The majority of candidates (other than 02 trained aircrew) aircrew who were given MSDT at IAM were trainees in their respective fields (13 pilots, 02 navigators, 01 Flt Eng). Among these trainees 13 pilots who were referred to IAM had already undergone the MSDT earlier in the Academy and out of these 13, 10 could successfully complete the profile and were re-inducted to cockpit. The success rate of 76.9% is achieved which is comparative to any other protocol followed elsewhere. Failure to adapt to motion stimuli in the previous densensitisation protocol, indicates that these candidates were highly susceptible to provocative motion stimuli, but still success rate of 76.9% could be achieved using MSDT protocol at IAM. The high success rate of IAM protocol could be attributed to psychological counseling, PMR, PET and Yoga under direct supervision of Aviation Medicine Specialist and graduated exposure to motion stimuli in DISO simulator. All these efforts could have contributed collectively in making the subject more comfortable and overcome the anxiety associated with motion sickness. In few instances 'Magic mixture' was given along with anti-emetic, which helped the trainee to overcome the fear of vomiting and build up his confidence level that he is able to sustain the provocative stimuli comfortably.

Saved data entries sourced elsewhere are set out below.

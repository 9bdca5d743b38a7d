//! The parts of the verification of a C file, in order.

ghost use Rattle.std.specs.Prelude.{◌≡◌, ◌<◌, ◌≤◌, ◌-◌, ◌^◌, not, map, filter, length};
ghost use Rattle.vlt_core.specs.View.{func_of, program_of};
ghost use Rattle.cert_check.specs.Unfit.{IsUnfit};
ghost use Rattle.cert_read.specs.Declarations.{notes_of_all};
ghost use Rattle.cert_verify.specs.Outcomes.{IsAnswer};
ghost use Rattle.cert_verify.specs.Parts.{AreTested};

use crate::error::VerifyError;
use crate::file::{CertifiedFile, certified_file};
use c_match::matches;
use cert_check::{LocalError, local};
use cert_check_laws::{certificates_arent_unfit, texts_have_more_bytes};
use cert_fit_laws::certificates_are_formed;
use cert_kinds::kinded;
use cert_read_bodies::MapsNote;
use std::alloc::Global;
use vlt_base::Items;
use vlt_core::{Func, Program};

/// How many functions have a body.
fn count_bodies(fns: &[Func]) -> u32
    requires { length fns.now ≤ 4294967295 }
    ensures { result ≡ length (filter (λ f. not f.external) (map func_of fns.now)) }
{
    let mut count = 0;
    for f in fns {
        if !f.external {
            count += 1;
        }
    }
    count
}

/// Tests the notes of a program, which can be tested.
fn test_notes(
    alloc: Global,
    program: &Program,
    notes: &[Items<MapsNote>],
) -> Result<(), VerifyError>
    requires { IsUnfit (program_of program.now) (notes_of_all notes.now) → ⊥ }
    ensures { AreTested (program_of program.now) (notes_of_all notes.now) result }
{
    match local(alloc, program, notes) {
        Ok(()) => Ok(()),
        Err(LocalError::Refused(first)) => Err(VerifyError::Local(first)),
        Err(LocalError::Unfit) => unreachable!(),
        Err(LocalError::Memory) => Err(VerifyError::Memory),
    }
}

/// Verifies a C file part by part. What a part needs no more is dropped before the next.
pub fn verify_parts(alloc: Global, text: &[u8]) -> Result<u32, VerifyError>
    requires { length text.now < 2 ^ 32 - 1 }
    ensures { IsAnswer text.now result }
{
    certificates_are_formed();
    certificates_arent_unfit();
    texts_have_more_bytes();
    let file = certified_file(alloc, text)?;
    let CertifiedFile {
        c_program,
        program,
        notes,
    } = file;
    kinded(alloc, &program)?;
    test_notes(alloc, &program, notes.as_slice())?;
    drop(notes);
    matches(alloc, &program, &c_program)?;
    Ok(count_bodies(program.fns.as_slice()))
}
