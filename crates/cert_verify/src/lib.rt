//! The text of a C file in; how many functions with a body its certificate's program has out, or the first part of its verification that fails.
//! Read `specs/Verified.antt` first, then `specs/Refusals.antt`, `specs/Outcomes.antt` and `specs/Laws.antt`.
//! Used by: the command `verify`.
#![tactic(auto)]

ghost use Rattle.std.specs.Prelude.{ℕ, List, ◌<◌, ◌-◌, ◌^◌, length};
ghost use Rattle.vlt_core.specs.Core.{Program};
ghost use Rattle.cert_format.specs.Notes.{Note};
ghost use Rattle.cert_verify.specs.Verified.{IsVerifiedFile};
ghost use Rattle.cert_verify.specs.Refusals.{Refusal, IsRefusal};
ghost use Rattle.cert_verify.specs.Outcomes.{IsAnswer, Refuses, Counts};

mod error;
mod file;
mod laws;
mod parts;

pub use error::VerifyError;
pub use laws::{texts_verify_in_one_way, texts_verify_in_some_way};
use parts::verify_parts;
use std::alloc::Global;

/// Verifies a C file: whether its C text is the lowering of the program that its certificate says, and that program keeps
/// the rules on names and types, and the notes hold in each of its bodies. Gives how many functions with a body that program
/// has, or the first part that fails: the C text, the certificate, the rules on names and types, the notes, the lowering.
///
/// `Memory` where memory is refused, and where 64 bits can't number the slots of a function, the cells of a struct or the
/// statements in the lowering.
pub fn verify(alloc: Global, text: &[u8]) -> Result<u32, VerifyError>
    requires { length text.now < 2 ^ 32 - 1 }
    ensures answer { IsAnswer text.now result }
    ensures refused { (r : Refusal) → IsRefusal text.now r → Refuses result r }
    ensures verified { (p : Program) (all : List (List Note)) → IsVerifiedFile text.now p all
        → Counts result p }
{
    texts_verify_in_one_way();
    verify_parts(alloc, text)
}
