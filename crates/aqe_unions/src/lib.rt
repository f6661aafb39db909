//! UNION: one plan of two sides, whose columns get common types.
#![tactic(auto)]

mod columns;
mod kinds;
mod sides;
mod unions;

pub use columns::{column_at, columns_up_to, distinct_rows};
pub use unions::union_of;
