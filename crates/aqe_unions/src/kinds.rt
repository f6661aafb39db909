//! The common types of the columns of two sides.

ghost use Rattle.std.specs.Prelude.{◌≡◌};
ghost use Rattle.aqe_rules.specs.Kinds as kinds;
ghost use Rattle.aqe_rules.specs.Unions as spec;
ghost use Rattle.aqe_rules.specs.Faults.{Says};

use aqe_base::Listing;
use aqe_rules::{AnalysisFault, mismatch};
use aqe_values::{Field, SqlType};
use std::alloc::Global;

/// The types of columns, from left to right.
pub(crate) type Kinds = Listing<SqlType>;

/// The common type of two, where they have one.
fn common(a: SqlType, b: SqlType) -> Option<SqlType>
    ensures { result ≡ kinds.common a b }
{
    match (a, b) {
        (SqlType::NullType, other) | (other, SqlType::NullType) => Some(other),
        (SqlType::Int, SqlType::BigInt) | (SqlType::BigInt, SqlType::Int) => Some(SqlType::BigInt),
        (a, b) if is_same_kind(a, b) => Some(a),
        _ => None,
    }
}

/// Whether two types are the same.
pub(crate) fn is_same_kind(a: SqlType, b: SqlType) -> bool
    ensures { result ≡ kinds.is_same_kind a b }
{
    a == b
}

/// The common type of each column that both sides have.
#[tactic(auto, using(crate::proofs::KindSteps::kind_steps))]
pub(crate) fn common_kinds(
    alloc: Global,
    left: &[Field],
    right: &[Field],
) -> Result<Kinds, AnalysisFault>
    ensures { Says result (spec.common_kinds left.now right.now) }
{
    let mut kinds = Kinds::new(alloc);
    let mut others = right;
    'columns: for field in left {
        let Some((other, behind)) = others.split_first() else {
            return Ok(kinds);
        };
        match common(field.kind, other.kind) {
            Some(kind) => kinds.push(kind)?,
            None => return Err(mismatch(alloc)),
        }
        others = behind;
    }
    Ok(kinds)
}

/// Whether the columns have these types.
pub(crate) fn has_kinds(kinds: &[SqlType], fields: &[Field]) -> bool
    ensures { result ≡ spec.has_kinds kinds.now fields.now }
{
    let mut others = kinds;
    'columns: for field in fields {
        let Some((kind, behind)) = others.split_first() else {
            return true;
        };
        if !is_same_kind(field.kind, *kind) {
            return false;
        }
        others = behind;
    }
    true
}
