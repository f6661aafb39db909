//! A side of a union, cast where its types differ from the common ones.

ghost use Rattle.std.specs.Prelude.{◌≡◌, IfOk};
ghost use Rattle.aqe_expr.specs.declared.expr.Expr.{Column};
ghost use Rattle.aqe_logical.specs.Shapes.{projected};
ghost use Rattle.aqe_rules.specs.Operations.{typed, converted};
ghost use Rattle.aqe_rules.specs.Unions as spec;

use crate::columns::column_at;
use crate::kinds::{has_kinds, is_same_kind};
use aqe_base::Memory;
use aqe_boxes::both;
use aqe_expr::Expr;
use aqe_logical::{Exprs, Logical, schema_of};
use aqe_rules::{Typed, cast};
use aqe_values::{Field, Schema, SqlType, Text};
use std::alloc::Global;

/// The column at a place as a value of a type.
#[tactic(auto, using(crate::proofs::SideSteps::column_steps))]
fn converted_column(
    alloc: Global,
    place: usize,
    own: SqlType,
    wanted: SqlType,
) -> Result<Expr, Memory>
    ensures { IfOk result (λ e. e ≡ converted wanted (typed (Column place) own)) }
{
    let expr = column_at(place)?;
    if is_same_kind(own, wanted) {
        return Ok(expr);
    }
    match cast(alloc, wanted, Typed { expr, kind: own }) {
        Ok(value) => Ok(value.expr),
        Err(_) => Err(Memory),
    }
}

/// The columns of a side as values of these types.
fn cast_columns(alloc: Global, kinds: &[SqlType], fields: &[Field]) -> Result<Exprs, Memory>
    ensures { IfOk result (λ items. items ≡ spec.cast_columns 0 kinds.now fields.now) }
{
    let mut items = Exprs::new(alloc);
    let mut others = kinds;
    'columns: for field in fields {
        let Some((kind, behind)) = others.split_first() else {
            return Ok(items);
        };
        let item = converted_column(alloc, items.len(), field.kind, *kind)?;
        items.push(item)?;
        others = behind;
    }
    Ok(items)
}

/// The fields of a side with these types.
fn cast_fields(
    alloc: Global,
    kinds: &[SqlType],
    fields: &[Field],
) -> Result<Schema, aqe_values::Memory>
    ensures { IfOk result (λ schema. schema ≡ spec.cast_fields kinds.now fields.now) }
{
    let mut schema = Schema::new(alloc);
    let mut others = kinds;
    'columns: for field in fields {
        let Some((kind, behind)) = others.split_first() else {
            return Ok(schema);
        };
        let name = Text::copy_of(alloc, field.name.as_str())?;
        schema.push(Field { name, kind: *kind })?;
        others = behind;
    }
    Ok(schema)
}

/// The expressions and the fields of a side with these types.
fn cast_parts(alloc: Global, kinds: &[SqlType], fields: &[Field]) -> Result<(Exprs, Schema), Memory>
    ensures expressions { IfOk result (λ parts. parts.0 ≡ spec.cast_columns 0 kinds.now fields.now) }
    ensures fields { IfOk result (λ parts. parts.1 ≡ spec.cast_fields kinds.now fields.now) }
{
    match cast_fields(alloc, kinds, fields) {
        Ok(schema) => {
            let items = cast_columns(alloc, kinds, fields)?;
            Ok((items, schema))
        }
        Err(_) => Err(Memory),
    }
}

/// The rows of a side with these fields as values of these types. The names stay.
#[tactic(auto, using(crate::proofs::SideSteps::side_steps))]
fn cast_rows(
    alloc: Global,
    kinds: &[SqlType],
    fields: &[Field],
    plan: Logical,
) -> Result<Logical, Memory>
    ensures { IfOk result (λ p. p ≡ projected (spec.cast_columns 0 kinds.now fields.now) (spec.cast_fields kinds.now fields.now) plan) }
{
    let ((items, schema), plan) = both(cast_parts(alloc, kinds, fields), Ok(plan))?;
    Logical::project(alloc, items, schema, plan)
}

/// The side as one whose columns have these types.
#[tactic(auto, using(crate::proofs::SideSteps::side_steps))]
pub(crate) fn cast_side(alloc: Global, kinds: &[SqlType], plan: Logical) -> Result<Logical, Memory>
    ensures { IfOk result (λ p. p ≡ spec.cast_side kinds.now plan) }
{
    let (fields, plan) = both(schema_of(alloc, &plan), Ok(plan))?;
    if has_kinds(kinds, fields.slice()) {
        Ok(plan)
    } else {
        cast_rows(alloc, kinds, fields.slice(), plan)
    }
}
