//! The columns of a plan, as expressions over its rows.

ghost use Rattle.std.specs.Prelude.{◌≡◌, IfOk};
ghost use Rattle.aqe_expr.specs.declared.expr.Expr.{Column};
ghost use Rattle.aqe_rules.specs.Plans as spec;

use aqe_base::Memory;
use aqe_expr::Expr;
use aqe_logical::{AggCalls, Exprs, Logical};
use aqe_values::{Field, Schema};
use std::alloc::Global;

/// The column at a place. Places above 4,294,967,295 find no memory.
pub fn column_at(place: usize) -> Result<Expr, Memory>
    ensures { IfOk result (λ e. e ≡ Column place) }
{
    match u32::try_from(place) {
        Ok(place) => Ok(Expr::Column(place)),
        Err(_) => Err(Memory),
    }
}

/// The columns of a plan with these fields, from left to right.
pub fn columns_up_to(alloc: Global, fields: &[Field]) -> Result<Exprs, Memory>
    ensures { IfOk result (λ columns. columns ≡ spec.columns_up_to 0 fields.now) }
{
    let mut columns = Exprs::new(alloc);
    'fields: for _ in fields {
        let column = column_at(columns.len())?;
        columns.push(column)?;
    }
    Ok(columns)
}

/// The rows of a plan with these fields, equal ones once.
pub fn distinct_rows(alloc: Global, fields: Schema, plan: Logical) -> Result<Logical, Memory>
    ensures { IfOk result (λ p. p ≡ spec.distinct_rows fields plan) }
{
    let columns = columns_up_to(alloc, fields.slice())?;
    let plan = Logical::aggregate(alloc, columns, AggCalls::new(alloc), fields, plan)?;
    Ok(plan)
}
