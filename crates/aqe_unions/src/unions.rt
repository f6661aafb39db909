//! The union of two sides.

ghost use Rattle.std.specs.Prelude.{◌≡◌, IfOk};
ghost use Rattle.aqe_logical.specs.Columns.{schema_of};
ghost use Rattle.aqe_logical.specs.Shapes as shapes;
ghost use Rattle.aqe_rules.specs.Faults.{Says};
ghost use Rattle.aqe_rules.specs.Plans.{distinct_rows, distinct_if};
ghost use Rattle.aqe_rules.specs.Unions as spec;
ghost use Rattle.aqe_unions.specs.Sides.{kinds_of, union_to};

use crate::columns::distinct_rows;
use crate::kinds::{Kinds, common_kinds};
use crate::sides::cast_side;
use aqe_base::{AnalysisKind, Memory};
use aqe_boxes::both;
use aqe_logical::{Logical, schema_of};
use aqe_rules::{AnalysisFault, refused};
use aqe_sources::within_limits;
use aqe_values::SqlType;
use std::alloc::Global;

/// The common types of the columns of two sides, which must have as many columns.
#[tactic(auto, using(crate::proofs::UnionSteps::width_steps))]
fn kinds_of(alloc: Global, left: &Logical, right: &Logical) -> Result<Kinds, AnalysisFault>
    ensures { Says result (kinds_of left.now right.now) }
{
    let left = schema_of(alloc, left)?;
    let right = schema_of(alloc, right)?;
    let kinds = common_kinds(alloc, left.slice(), right.slice())?;
    if left.len() == right.len() {
        Ok(kinds)
    } else {
        Err(refused(alloc, AnalysisKind::UnionWidth, ""))
    }
}

/// The rows of both sides, equal ones once.
#[tactic(auto, using(crate::proofs::UnionSteps::plan_steps))]
fn distinct_union(alloc: Global, left: Logical, right: Logical) -> Result<Logical, Memory>
    ensures { IfOk result (λ p. p ≡ distinct_rows (schema_of left) (shapes.united left right)) }
{
    let fields = schema_of(alloc, &left);
    let (fields, plan) = both(fields, Logical::union(alloc, left, right))?;
    distinct_rows(alloc, fields, plan)
}

/// The rows of both sides, equal ones once where that is wanted.
#[tactic(auto, using(crate::proofs::UnionSteps::plan_steps))]
fn united(alloc: Global, distinct: bool, left: Logical, right: Logical) -> Result<Logical, Memory>
    ensures { IfOk result (λ p. p ≡ distinct_if distinct (schema_of left) (shapes.united left right)) }
{
    if distinct {
        distinct_union(alloc, left, right)
    } else {
        Logical::union(alloc, left, right)
    }
}

/// The union of two sides whose columns get these types, where its plan keeps the limits.
#[tactic(auto, using(crate::proofs::UnionSteps::union_steps))]
fn union_to(
    alloc: Global,
    distinct: bool,
    kinds: &[SqlType],
    left: Logical,
    right: Logical,
) -> Result<Logical, AnalysisFault>
    ensures { Says result (union_to distinct kinds.now left right) }
{
    let left = cast_side(alloc, kinds, left);
    let right = cast_side(alloc, kinds, right);
    let (left, right) = both(left, right)?;
    let plan = united(alloc, distinct, left, right)?;
    within_limits(plan)
}

/// The union of two sides whose columns get common types, equal rows once where that is wanted.
///
/// A column without a common type is refused before a difference in width, and this before the limits of the plan. The
/// columns have the names of the left side.
#[tactic(auto, using(crate::proofs::UnionSteps::union_steps))]
pub fn union_of(
    alloc: Global,
    distinct: bool,
    left: Logical,
    right: Logical,
) -> Result<Logical, AnalysisFault>
    ensures { Says result (spec.union_of distinct left right) }
{
    match kinds_of(alloc, &left, &right) {
        Ok(kinds) => union_to(alloc, distinct, kinds.slice(), left, right),
        Err(fault) => Err(fault),
    }
}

The candidates who were unable to complete the desensitisation protocol probably had very high sensitivity to the motion stimuli. Interaction with these candidates revealed a history suggestive of their proneness to motion sickness in the past too.

Conclusion

The MSDT profile being followed in Indian aircrew, initially at the 2 AMTC and later at IAM for persistent cases has very high success rate and its efficacy is evident from the fact that approx 80 % are densensitised at the Academy itself and 76.9% of persistent cases (those who have symptoms even after two trials of densensitisation) could be successfully re-flighted after MSDT protocol at IAM. Thus approx 96% of total cases of airsickness are densensitised in IAF, which is a substantial success rate as compared worldwide.

Disclaimer

The opinions expressed in this article are those of the author and do not reflect the official views of the Indian Air Force.